Collected data entries
────
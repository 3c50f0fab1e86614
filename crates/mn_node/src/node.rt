//! The node: whether it is up, and what it counts.

ghost use Rattle.std.specs.Prelude.{◌≡◌, ◌↔◌, ◌≤◌, ◌<◌, ◌+◌, ◌-◌, ◌^◌, ℕ, None, Some, IsTrue};
ghost use Rattle.file_trait.specs.DiskModel.{Past};
ghost use Rattle.mn_node.specs.Calls.{Owes};
ghost use Rattle.mn_node.specs.Effects as effects;
ghost use Rattle.mn_node.specs.Effects.{IsAskable};
ghost use Rattle.mn_node.specs.Inside.Loads.{start_answer, down_node, up_node};
ghost use Rattle.mn_node.specs.Inside.Tries.{settled_node, failed_node, failed_answer};
ghost use Rattle.mn_node.specs.Machine.{Machine};
ghost use Rattle.mn_node.specs.Machine as machine;
ghost use Rattle.mn_node.specs.Seen as seen;
ghost use Rattle.mn_node.specs.Shown.{Shows, Steps, HasLogOf, IsUpState, IsWhole, IsFew};

use crate::command::Command;
use crate::open::{Done, Open, Trouble};
use crate::reply::Reply;
use crate::starting::{StartErr, start};
use file_trait::Disk;
use std::alloc::Global;

/// Whether the node is up, and why it is down.
#[derive(Drop)]
pub enum State {
    /// It was not started yet.
    Unstarted,
    Up(Open),
    /// It was stopped.
    Stopped,
    /// The disk failed.
    Faulted,
    /// A start wanted memory.
    Starved,
    /// A start found the directory without a meaning.
    Ruined,
}

/// A node.
#[derive(Drop)]
pub struct Node {
    pub state: State,
    /// How many commits the log had at the last good start, none before the first.
    pub base: Option<u64>,
    /// How many commits there were since, with one that a fault left in doubt.
    pub entries: u64,
    /// How many of these are known to be durable.
    pub synced: u64,
}

impl Node {
    /// A node that was not started yet.
    pub fn new() -> Node
        ensures { result ≡ record { state = State.Unstarted; base = None; entries = 0; synced = 0 } }
    {
        Node {
            state: State::Unstarted,
            base: None,
            entries: 0,
            synced: 0,
        }
    }

    /// Starts the node where it is down.
    pub fn start<D: Disk>(&mut self, alloc: Global, disk: &mut D) -> Reply
        requires whole { IsWhole self.old.state }
        requires log { IsTrue D.tells → HasLogOf self.old.state (D.past disk.old) }
        ensures steps { IsTrue D.tells → (first : Past) (old : Machine) → Shows first self.old (D.past disk.old) old
            → Steps first old machine.start (seen.answer result) self.old self.new (D.past disk.old) (D.past disk.new) }
        ensures owes { Owes D.tells (D.faults disk.old) (D.faults disk.new) (D.blamed disk.new) (D.past disk.old)
            (D.past disk.new) self.old self.new (seen.answer result) }
    {
        if let State::Up(_) = self.state {
            return Reply::Up;
        }
        match start(alloc, disk) {
            Ok(live) => self.boot(live),
            Err(error) => self.remain(error),
        }
    }

    /// Brings the node up. The commits that were kept of those since the last good start are told.
    fn boot(&mut self, live: Open) -> Reply
        ensures node { self.new ≡ up_node live }
        ensures first { self.old.base ≡ None → result ≡ Reply.Started 0 }
        ensures later { (base : ℕ) → self.old.base ≡ Some base → result ≡ Reply.Started (live.log.commits - base) }
    {
        let commits = live.log.commits();
        let kept = match self.base {
            Some(base) => commits.saturating_sub(base),
            None => 0,
        };
        self.state = State::Up(live);
        self.base = Some(commits);
        self.entries = 0;
        self.synced = 0;
        Reply::Started(kept)
    }

    /// A start failed.
    fn remain(&mut self, error: StartErr) -> Reply
        ensures reply { seen.answer result ≡ start_answer error }
        ensures node { self.new ≡ down_node self.old error }
    {
        match error {
            StartErr::File(name) => {
                self.state = State::Faulted;
                Reply::Fault(name)
            }
            StartErr::Memory => {
                self.state = State::Starved;
                Reply::Memory
            }
            StartErr::Damaged(name, at) => {
                self.state = State::Ruined;
                Reply::Damaged(name, at)
            }
        }
    }

    /// Answers one command: tests once whether the node is up, tries the command, and settles or fails once.
    pub fn answer<D: Disk>(&mut self, alloc: Global, disk: &mut D, command: Command) -> Reply
        requires whole { IsWhole self.old.state }
        requires log { IsTrue D.tells → HasLogOf self.old.state (D.past disk.old) }
        requires few { (n : ℕ) × (n < 2 ^ 62) × IsFew self.old n }
        requires asked { IsAskable (seen.asked command) }
        ensures steps { IsTrue D.tells → (first : Past) (old : Machine) → Shows first self.old (D.past disk.old) old
            → Steps first old (machine.command (seen.asked command)) (seen.answer result) self.old self.new
            (D.past disk.old) (D.past disk.new) }
        ensures owes { Owes D.tells (D.faults disk.old) (D.faults disk.new) (D.blamed disk.new) (D.past disk.old)
            (D.past disk.new) self.old self.new (seen.answer result) }

        // Down is answered exactly where the node is not up, and a sync takes no memory.
        ensures down { (seen.answer result ≡ effects.is_down) ↔ (IsUpState self.old.state → ⊥) }
        ensures sync { seen.asked command ≡ effects.sync_log → seen.answer result ≡ effects.no_memory → ⊥ }
    {
        let tried = match &mut self.state {
            State::Up(live) => live.attempt(alloc, disk, command),
            _ => return refused(command),
        };
        match tried {
            Ok(done) => self.settle(done),
            Err(trouble) => self.fail(trouble),
        }
    }

    /// Stops the node at the script's end.
    pub fn end<D: Disk>(&mut self, alloc: Global, disk: &mut D) -> Reply
        requires whole { IsWhole self.old.state }
        requires log { IsTrue D.tells → HasLogOf self.old.state (D.past disk.old) }
        requires few { (n : ℕ) × (n < 2 ^ 62) × IsFew self.old n }
        ensures steps { IsTrue D.tells → (first : Past) (old : Machine) → Shows first self.old (D.past disk.old) old
            → Steps first old machine.end (seen.answer result) self.old self.new (D.past disk.old) (D.past disk.new) }
        ensures owes { Owes D.tells (D.faults disk.old) (D.faults disk.new) (D.blamed disk.new) (D.past disk.old)
            (D.past disk.new) self.old self.new (seen.answer result) }
        ensures down { (seen.answer result ≡ effects.is_down) ↔ (IsUpState self.old.state → ⊥) }
    {
        self.answer(alloc, disk, Command::Stop)
    }

    /// What was done counts.
    #[inline(never)]
    fn settle(&mut self, done: Done) -> Reply
        requires few { self.old.entries < 2 ^ 62 }
        ensures reply { result ≡ done.reply }
        ensures node { self.new ≡ settled_node self.old done }
    {
        if done.wrote {
            self.entries += 1;
        }
        if done.settles {
            self.synced = self.entries;
        }
        if done.halts {
            self.state = State::Stopped;
        }
        done.reply
    }

    /// Memory or a file failed.
    #[inline(never)]
    fn fail(&mut self, trouble: Trouble) -> Reply
        requires few { self.old.entries < 2 ^ 62 }
        ensures reply { seen.answer result ≡ failed_answer trouble }
        ensures node { self.new ≡ failed_node self.old trouble }
    {
        match trouble {
            Trouble::Memory => Reply::Memory,
            Trouble::File(name, doubt) => {
                if doubt {
                    self.entries += 1;
                }
                self.state = State::Faulted;
                Reply::Fault(name)
            }
        }
    }
}

/// What a node that is down answers. The command is dropped here, so that one which is tried takes no room for that.
#[inline(never)]
fn refused(_command: Command) -> Reply
    ensures { result ≡ Reply.Down }
{
    Reply::Down
}
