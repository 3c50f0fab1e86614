//! The node: what one command, a start and the stop at the end do to a directory and its database.
//!
//! `specs/Effects.antt` and `specs/Machine.antt` say what they are to do: a machine over a durable state, whose step is
//! the effect of a command but for want of memory, faults of the disk and what a start finds kept. `specs/Inside.antt`
//! is for this crate alone.
#![tactic(auto)]

mod command;
mod laws;
mod node;
mod open;
mod reply;
mod starting;
mod terms;
mod transacting;

pub use command::Command;
pub use laws::{directory_law, transactions_law};
pub use node::{Node, State};
pub use open::Open;
pub use reply::Reply;
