//! The start: a node over a new log, or with the database that the log's commits make.

ghost use Rattle.std.specs.List.{AllByRecursion};
ghost use Rattle.std.specs.Prelude.{◌≡◌, [], ◌↔◌, ◌<◌, ◌+◌, ℕ, List, ◌^◌, Some, true, length, take, IsTrue, IsErrOf, OnOk, OnErr, IfOk, MatchResult};
ghost use Rattle.std.specs.Bool.{MatchBool};
ghost use Rattle.file_trait.specs.DiskModel.{reads, IsImage, IsSettled, Crashes};
ghost use Rattle.file_trait.specs.Moments.{Moments};
ghost use Rattle.file_trait.specs.Touched.{Touches};
ghost use Rattle.disk_logs.specs.Crash.{IsSound};
ghost use Rattle.disk_logs.specs.Logs.{IsLog, IsRead};
ghost use Rattle.log_items.specs.Items.{wire, log_bytes, AreContents};
ghost use Rattle.db_model.specs.Commits.{CommitRecord};
ghost use Rattle.db_model.specs.Lawful as databases;
ghost use Rattle.db_state.specs.Live.{database};
ghost use Rattle.txn_log.specs.Logs.{handle, IsLogName, IsAsRead, HasOnlyCommits, IsWrongAt, OldOrCommits, Reads};
ghost use Rattle.mn_node.specs.Calls.{Calls};
ghost use Rattle.mn_node.specs.Durable.{made};
ghost use Rattle.mn_node.specs.Inside.Loads.{Loads, Makes, TakesAt, CannotTakeAt, FailsBroken};
ghost use Rattle.mn_node.specs.Inside.Tries.{IsFileOrMemory};
ghost use Rattle.mn_node.specs.Meaning.{Files, IsBroken, latest, AreTaken};
ghost use Rattle.mn_node.specs.Shown.{OpenShows, IsNamed, Pends, StaysSound};
ghost use Rattle.mn_node.specs.declared.starting.StartErr.TheVariants.{Memory};

use crate::open::Open;
use db_state::Live;
use disk_logs::LogErr;
use file_trait::{Disk, FileName};
use std::alloc::{AllocError, Global};
use txn_core::Txns;
use txn_log::{CommitFile, TxnLog, latest as latest_name};

/// Why a start did not bring the node up.
#[derive(Clone, Copy, Debug, PartialEq, Eq)]
pub enum StartErr {
    /// The disk failed at this file.
    File(FileName),
    /// This file has no meaning, from this place on.
    Damaged(FileName, u64),
    /// Out of memory.
    Memory,
}

impl From<AllocError> for StartErr {
    ghost from_gives = { λ _ e. e ≡ Memory };

    fn from(_: AllocError) -> StartErr {
        StartErr::Memory
    }
}

/// What a node works on that is up over this directory. All of the log is read before anything is done to it. Then
/// the directory is made durable, and the log is opened: one whose mark says closed is trusted as it is, one whose
/// mark says open is renewed, and where there is none a new one is published.
pub fn start<D: Disk>(alloc: Global, disk: &mut D) -> Result<Open, StartErr>
    ensures started { IsTrue D.tells → IsSound (D.past disk.old) latest → (commits : List CommitRecord)
        → Reads commits (reads (D.past disk.old) latest) → AreTaken commits
        → databases.IsSound (made commits).database
        → IfOk result (λ live. OpenShows live (D.past disk.new) commits (length commits)) }
    ensures failed { IsTrue D.tells → (commits : List CommitRecord)
        → Reads commits (reads (D.past disk.old) latest) → AreTaken commits
        → OnErr result (Reads commits (reads (D.past disk.new) latest)) }

    // At each moment a crash leaves what it could leave before, or exactly these commits.
    ensures any_moment { IsTrue D.tells → (commits : List CommitRecord)
        → Reads commits (reads (D.past disk.old) latest) → AreTaken commits
        → Moments (OldOrCommits (D.past disk.old) commits) (D.past disk.old) (D.past disk.new) }

    // A closed log stays as trusted as it was. Over one nothing is written.
    ensures sound { IsTrue D.tells → StaysSound (D.past disk.old) (D.past disk.new) }
    ensures unwritten { IsTrue D.tells → (items : List (List ℕ)) → AreContents items
        → reads (D.past disk.old) latest ≡ Some (log_bytes true items)
        → Touches (λ n. ⊥) (D.past disk.old) (D.past disk.new) }
    ensures touches { IsTrue D.tells → Touches IsLogName (D.past disk.old) (D.past disk.new) }
    ensures log { IsTrue D.tells → IfOk result (λ live. IsLog (D.past disk.new) (handle live.log)) }
    ensures few { IfOk result (λ live. live.log.commits < 2 ^ 63) }

    // Damaged comes exactly where the directory has no meaning, with the place, unless the disk failed or memory was
    // wanting. Nothing is done to such a directory.
    ensures damaged { IsTrue D.tells → (name : List ℕ) (at : ℕ) → IsErrOf result (StartErr.Damaged name at)
        → IsBroken (reads (D.past disk.old)) name at }
    ensures meaning { IsTrue D.tells → (name : List ℕ) (at : ℕ) → IsBroken (reads (D.past disk.old)) name at
        → MatchResult result (λ live. ⊥) (FailsBroken at) }
    ensures kept { IsTrue D.tells → (name : List ℕ) (at : ℕ) → IsBroken (reads (D.past disk.old)) name at
        → D.past disk.new ≡ D.past disk.old }
    ensures calls { Calls (D.faults disk.old) (D.faults disk.new) (D.blamed disk.new)
        (λ name. IsErrOf result (StartErr.File name)) }
    ensures named { (name : List ℕ) → IsErrOf result (StartErr.File name) → IsLogName name }
    ensures pends { IfOk result (λ live. Pends live []) }
{
    let read = found(alloc, disk)?;
    let tables = loaded(alloc, &read)?;
    synced_directory(disk)?;
    match TxnLog::open(alloc, disk, &read) {
        Ok(log) => {
            tables.order_law();
            tables.key_law();
            Ok(Open {
                log,
                tables,
                txns: Txns::new(alloc),
            })
        }
        Err(error) => Err(open_error(error)),
    }
}

/// The log's file, where it is there. Nothing is done to the disk.
fn found<D: Disk>(alloc: Global, disk: &mut D) -> Result<Option<CommitFile>, StartErr>
    ensures read { IsTrue D.tells → IfOk result (λ read. IsAsRead read (reads (D.past disk.old) latest)) }
    ensures damaged { IsTrue D.tells → (name : List ℕ) (at : ℕ) → IsErrOf result (StartErr.Damaged name at)
        → IsBroken (reads (D.past disk.old)) name at }
    ensures same { IsTrue D.tells → D.past disk.new ≡ D.past disk.old }
    ensures calls { Calls (D.faults disk.old) (D.faults disk.new) (D.blamed disk.new)
        (λ name. IsErrOf result (StartErr.File name)) }
    ensures named { (name : List ℕ) → IsErrOf result (StartErr.File name) → name ≡ latest }
{
    match CommitFile::read(alloc, disk) {
        Ok(read) => Ok(read),
        Err(error) => Err(read_error(error)),
    }
}

/// The database that the log's commits make, and one without tables where there is no log.
fn loaded(alloc: Global, read: &Option<CommitFile>) -> Result<Live, StartErr>
    ensures loads { (files : Files) → IsAsRead read.now (files latest)
        → IfOk result (λ live. Loads files (database live)) }
    ensures commits { OnOk result (HasOnlyCommits read.now) }
    ensures named { IfOk result (λ live. AllByRecursion IsNamed (database live).tables) }
    ensures damaged { (files : Files) → IsAsRead read.now (files latest)
        → (name : List ℕ) (at : ℕ) → IsErrOf result (StartErr.Damaged name at) → IsBroken files name at }
    ensures fault { (name : List ℕ) → IsErrOf result (StartErr.File name) → ⊥ }
{
    match read {
        Some(file) => database_of(alloc, file),
        None => Ok(Live::new(alloc)),
    }
}

/// Makes what was done to the directory durable: from then on a crash leaves under the log's name what has it now.
fn synced_directory<D: Disk>(disk: &mut D) -> Result<(), StartErr>
    ensures settled { IsTrue D.tells → OnOk result (IsSettled (D.past disk.new) latest) }

    // At each moment a crash leaves what it could leave before, and the files read as before.
    ensures any_moment { IsTrue D.tells
        → Moments (Crashes (IsImage (D.past disk.old))) (D.past disk.old) (D.past disk.new) }
    ensures as_before { IsTrue D.tells → reads (D.past disk.new) latest ≡ reads (D.past disk.old) latest }
    ensures sound { IsTrue D.tells → StaysSound (D.past disk.old) (D.past disk.new) }
    ensures touches { IsTrue D.tells → Touches (λ n. ⊥) (D.past disk.old) (D.past disk.new) }
    ensures fault { (error : StartErr) → IsErrOf result error → error ≡ StartErr.File latest }
    ensures calls { Calls (D.faults disk.old) (D.faults disk.new) (D.blamed disk.new)
        (λ name. IsErrOf result (StartErr.File name)) }
{
    match disk.sync_dir() {
        Ok(()) => Ok(()),
        // It takes no memory.
        Err(_) => Err(StartErr::File(latest_name())),
    }
}

/// The database that the commits of a log make.
fn database_of(alloc: Global, file: &CommitFile) -> Result<Live, StartErr>
    ensures whole { IsRead file.now }
    ensures made { IfOk result (λ live. Makes file.now.items (database live)) }
    ensures damaged { (name : List ℕ) (at : ℕ) → IsErrOf result (StartErr.Damaged name at)
        → (name ≡ latest) × IsWrongAt AreTaken file.now.items at }
    ensures fault { (name : List ℕ) → IsErrOf result (StartErr.File name) → ⊥ }
{
    let mut live = Live::new(alloc);
    let count = file.len();
    let mut number = 0;
    'commits: while number < count {
        if !take(alloc, &mut live, file, number)? {
            return Err(StartErr::Damaged(latest_name(), file.place(number)));
        }
        number += 1;
    }
    Ok(live)
}

/// Takes this commit of a log. Whether it is one that can be taken.
fn take(
    alloc: Global,
    live: &mut Live,
    file: &CommitFile,
    number: usize,
) -> Result<bool, AllocError>
    requires { number + 1 < length file.now.items }
    ensures { IfOk result (λ taken. MatchBool taken
        (TakesAt file.now.items (number + 1) (database live.old) (database live.new))
        (CannotTakeAt file.now.items (number + 1) (database live.old))) }
{
    let Some(commit) = file.commit(alloc, number)? else {
        return Ok(false);
    };
    match live.plan_taken(alloc, &commit)? {
        Some(plan) => {
            live.apply(plan);
            Ok(true)
        }
        None => Ok(false),
    }
}

// Why the log could not be read. What has no meaning is always the log: no other file is read.
fn read_error(error: LogErr) -> StartErr
    requires never { error ≡ LogErr.TooLong → ⊥ }
    ensures file { (name : List ℕ) → (error ≡ LogErr.File name) ↔ (result ≡ StartErr.File name) }
    ensures damaged { (name : List ℕ) (at : ℕ) → result ≡ StartErr.Damaged name at
        → (name ≡ latest) × (file : List ℕ) × (error ≡ LogErr.Bad file at) }
    ensures memory { result ≡ StartErr.Memory → error ≡ LogErr.Memory }
{
    match error {
        LogErr::File(name) => StartErr::File(name),
        LogErr::Bad(_, at) => StartErr::Damaged(latest_name(), at),
        LogErr::Memory => StartErr::Memory,
        LogErr::TooLong => unreachable!(),
    }
}

// Why the log could not be opened: the disk failed, or memory was wanting.
fn open_error(error: LogErr) -> StartErr
    requires { IsFileOrMemory error }
    ensures file { (name : List ℕ) → (error ≡ LogErr.File name) ↔ (result ≡ StartErr.File name) }
    ensures damaged { (name : List ℕ) (at : ℕ) → result ≡ StartErr.Damaged name at → ⊥ }
    ensures memory { result ≡ StartErr.Memory → error ≡ LogErr.Memory }
{
    match error {
        LogErr::File(name) => StartErr::File(name),
        LogErr::Memory => StartErr::Memory,
        LogErr::TooLong | LogErr::Bad(_, _) => unreachable!(),
    }
}
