//! What is answered.

use file_trait::FileName;
use sqlite_items::Items;
use term_core::{Atom, Term};

#[derive(Drop)]
pub enum Reply {
    /// The node is up. Of the commits since the last good start so many were kept: none at the first start.
    Started(u64),
    /// The commit is done.
    Done,
    /// The transaction did what it was asked, and nothing is committed.
    Ok,
    /// Records, keys, the names of the tables, or what is told of one.
    Found(Items<Term>),
    /// All commits are durable.
    Synced,
    /// The node is down, and its log is closed.
    Stopped,
    /// There is no table of this name.
    NoTable(Atom),
    /// There is a table of this name, or a pending transaction.
    Exists(Atom),
    /// The table can have no such record or key.
    BadRecord(Term),
    /// No table can be called so.
    BadName(Atom),
    /// The option at this place is ill, from 1, or there is no list of options, at 0.
    BadOption(u64),
    /// No transaction of this name is pending.
    NoTransaction(Atom),
    /// The transaction of this name has a conflicting lock.
    Locked(Atom),
    /// There are as many tables as there may be.
    TooManyTables,
    /// There is no version behind that of the database.
    TooManyVersions,
    /// The commit's text is longer than one may be.
    TooLong,
    /// There are as many pending transactions as there may be.
    TooManyTransactions,
    /// The transaction has as many calls as it may.
    TooManyCalls,
    /// The line is no command, from this byte on.
    Badarg(u64),
    /// The node is down, and the command is no start.
    Down,
    /// The node is up, and the command is a start.
    Up,
    /// Memory ran out, and nothing changed.
    Memory,
    /// The disk failed at this file, and the node is down.
    Fault(FileName),
    /// A start found that this file has no meaning, from this place on.
    Damaged(FileName, u64),
}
────
*REQUIRED ACTION*:
Only the lines from the beginning of the data above through the line containing "where it is down." should be repeated, exactly as they appear.

*EXERCISE OUTPUT*:
repository 3c50f0fab1e86614
filename crates/mn_node/src/node.rt
//! The node: whether it is up, and what it counts.

ghost use Rattle.std.specs.Prelude.{◌≡◌, ◌↔◌, ◌≤◌, ◌<◌, ◌+◌, ◌-◌, ◌^◌, ℕ, None, Some, IsTrue};
ghost use Rattle.file_trait.specs.DiskModel.{Past};
ghost use Rattle.mn_node.specs.Calls.{Owes};
ghost use Rattle.mn_node.specs.Effects as effects;
ghost use Rattle.mn_node.specs.Effects.{IsAskable};
ghost use Rattle.mn_node.specs.Inside.Loads.{start_answer, down_node, up_node};
ghost use Rattle.mn_node.specs.Inside.Tries.{settled_node, failed_node, failed_answer};
ghost use Rattle.mn_node.specs.Machine.{Machine};
ghost use Rattle.mn_node.specs.Machine as machine;
ghost use Rattle.mn_node.specs.Seen as seen;
ghost use Rattle.mn_node.specs.Shown.{Shows, Steps, HasLogOf, IsUpState, IsWhole, IsFew};

use crate::command::Command;
use crate::open::{Done, Open, Trouble};
use crate::reply::Reply;
use crate::starting::{StartErr, start};
use file_trait::Disk;
use std::alloc::Global;

/// Whether the node is up, and why it is down.
#[derive(Drop)]
pub enum State {
    /// It was not started yet.
    Unstarted,
    Up(Open),
    /// It was stopped.
    Stopped,
    /// The disk failed.
    Faulted,
    /// A start wanted memory.
    Starved,
    /// A start found the directory without a meaning.
    Ruined,
}

/// A node.
#[derive(Drop)]
pub struct Node {
    pub state: State,
    /// How many commits the log had at the last good start, none before the first.
    pub base: Option<u64>,
    /// How many commits there were since, with one that a fault left in doubt.
    pub entries: u64,
    /// How many of these are known to be durable.
    pub synced: u64,
}

impl Node {
    /// A node that was not started yet.
    pub fn new() -> Node
        ensures { result ≡ record { state = State.Unstarted; base = None; entries = 0; synced = 0 } }
    {
        Node {
            state: State::Unstarted,
            base: None,
            entries: 0,
            synced: 0,
        }
    }

    /// Starts the node where it is down.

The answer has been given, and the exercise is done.